What is being asked ::
Each line below should be copied exactly as it stands.

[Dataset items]
····················

//! What becomes of a fault.

ghost use Rattle.std.specs.Prelude.{◌≡◌};
ghost use Rattle.jb_rules.specs.Decide.{has_class, is_below, choice_of};

use jb_base::{ClassId, Rules};

/// What becomes of a fault.
#[derive(Clone, Copy, Debug, PartialEq, Eq)]
pub enum Choice {
    /// The item, or the write call, is left out.
    Skip,
    /// The chunk is rolled back and done again.
    Retry,
    /// The call that failed is repeated in place, and nothing is rolled back.
    Again,
    /// The partition fails.
    Fail,
}

fn has_class(classes: u64, class: ClassId) -> bool
    ensures { result ≡ has_class classes class }
{
    (classes >> class.number()) % 2 == 1
}

fn is_below(limit: Option<u64>, used: u64) -> bool
    ensures { result ≡ is_below limit used }
{
    match limit {
        None => true,
        Some(limit) => used < limit,
    }
}

/// Settles a fault of this class, after `skips` skipped faults and `retries` retries.
///
/// A fault that is both skippable and retryable is retried first. If the record is done again after a rollback, it is
/// skipped first (Jakarta Batch 2.1, "Retry and Skip the Same Exception"). If the class and the limits allow neither, the
/// partition fails. A retry for a class that is to roll nothing back repeats the call in place (Jakarta Batch 2.1,
/// "Preventing Rollback During Retry"). The limits hold for each partition by itself.
pub fn decide(rules: &Rules, class: ClassId, retrying: bool, skips: u64, retries: u64) -> Choice
    ensures { result ≡ choice_of rules.now class retrying skips retries }
{
    let skip_open = has_class(rules.skippable, class) && is_below(rules.skip_limit, skips);
    let retry_open = has_class(rules.retryable, class) && retries < rules.retry_limit;
    let retry = if has_class(rules.no_rollback, class) {
        Choice::Again
    } else {
        Choice::Retry
    };
    match (retrying, skip_open, retry_open) {
        (false, _, true) => retry,
        (_, true, _) => Choice::Skip,
        (_, false, true) => retry,
        (_, false, false) => Choice::Fail,
    }
}
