//! The counts and the checkpoint of a partition, and the choice between skip, retry and failure.
//!
//! - `counts`: the metrics of a chunk step.
//! - `row`: the state of a partition, and the rules that each row keeps.
//! - `lifecycle`: a row's next chunk, and the row after it was started, committed, rolled back, failed or given up.
//! - `numbers`: a row as texts list it.
//! - `choice`: what becomes of a fault.
#![tactic(auto)]

mod choice;
mod counts;
mod lifecycle;
mod numbers;
mod row;

pub use choice::{Choice, decide};
pub use counts::{Counts, deltas_are_tested};
pub use lifecycle::rows_stay_sound;
pub use numbers::numbers_make_rows;
pub use row::{Row, RowState, rows_are_tested, unfinished_rows_go_on};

····················

Answer to this exercise ::
//! What becomes of a fault.

ghost use Rattle.std.specs.Prelude.{◌≡◌};
ghost use Rattle.jb_rules.specs.Decide.{has_class, is_below, choice_of};

use jb_base::{ClassId, Rules};

/// What becomes of a fault.
#[derive(Clone, Copy, Debug, PartialEq, Eq)]
pub enum Choice {
    /// The item, or the write call, is left out.
    Skip,
    /// The chunk is rolled back and done again.
    Retry,
    /// The call that failed is repeated in place, and nothing is rolled back.
    Again,
    /// The partition fails.
    Fail,
}

fn has_class(classes: u64, class: ClassId) -> bool
    ensures { result ≡ has_class classes class }
{
    (classes >> class.number()) % 2 == 1
}

fn is_below(limit: Option<u64>, used: u64) -> bool
    ensures { result ≡ is_below limit used }
{
    match limit {
        None => true,
        Some(limit) => used < limit,
    }
}

/// Settles a fault of this class, after `skips` skipped faults and `retries` retries.
///
/// A fault that is both skippable and retryable is retried first. If the record is done again after a rollback, it is
/// skipped first (Jakarta Batch 2.1, "Retry and Skip the Same Exception"). If the class and the limits allow neither, the
/// partition fails. A retry for a class that is to roll nothing back repeats the call in place (Jakarta Batch 2.1,
/// "Preventing Rollback During Retry"). The limits hold for each partition by itself.
pub fn decide(rules: &Rules, class: ClassId, retrying: bool, skips: u64, retries: u64) -> Choice
    ensures { result ≡ choice_of rules.now class retrying skips retries }
{
    let skip_open = has_class(rules.skippable, class) && is_below(rules.skip_limit, skips);
    let retry_open = has_class(rules.retryable, class) && retries < rules.retry_limit;
    let retry = if has_class(rules.no_rollback, class) {
        Choice::Again
    } else {
        Choice::Retry
    };
    match (retrying, skip_open, retry_open) {
        (false, _, true) => retry,
        (_, true, _) => Choice::Skip,
        (_, false, true) => retry,
        (_, false, false) => Choice::Fail,
    }
}
//! The counts and the checkpoint of a partition, and the choice between skip, retry and failure.
//!
//! - `counts`: the metrics of a chunk step.
//! - `row`: the state of a partition, and the rules that each row keeps.
//! - `lifecycle`: a row's next chunk, and the row after it was started, committed, rolled back, failed or given up.
//! - `numbers`: a row as texts list it.
//! - `choice`: what becomes of a fault.
#![tactic(auto)]

mod choice;
mod counts;
mod lifecycle;
mod numbers;
mod row;

pub use choice::{Choice, decide};
pub use counts::{Counts, deltas_are_tested};
pub use lifecycle::rows_stay_sound;
pub use numbers::numbers_make_rows;
pub use row::{Row, RowState, rows_are_tested, unfinished_rows_go_on};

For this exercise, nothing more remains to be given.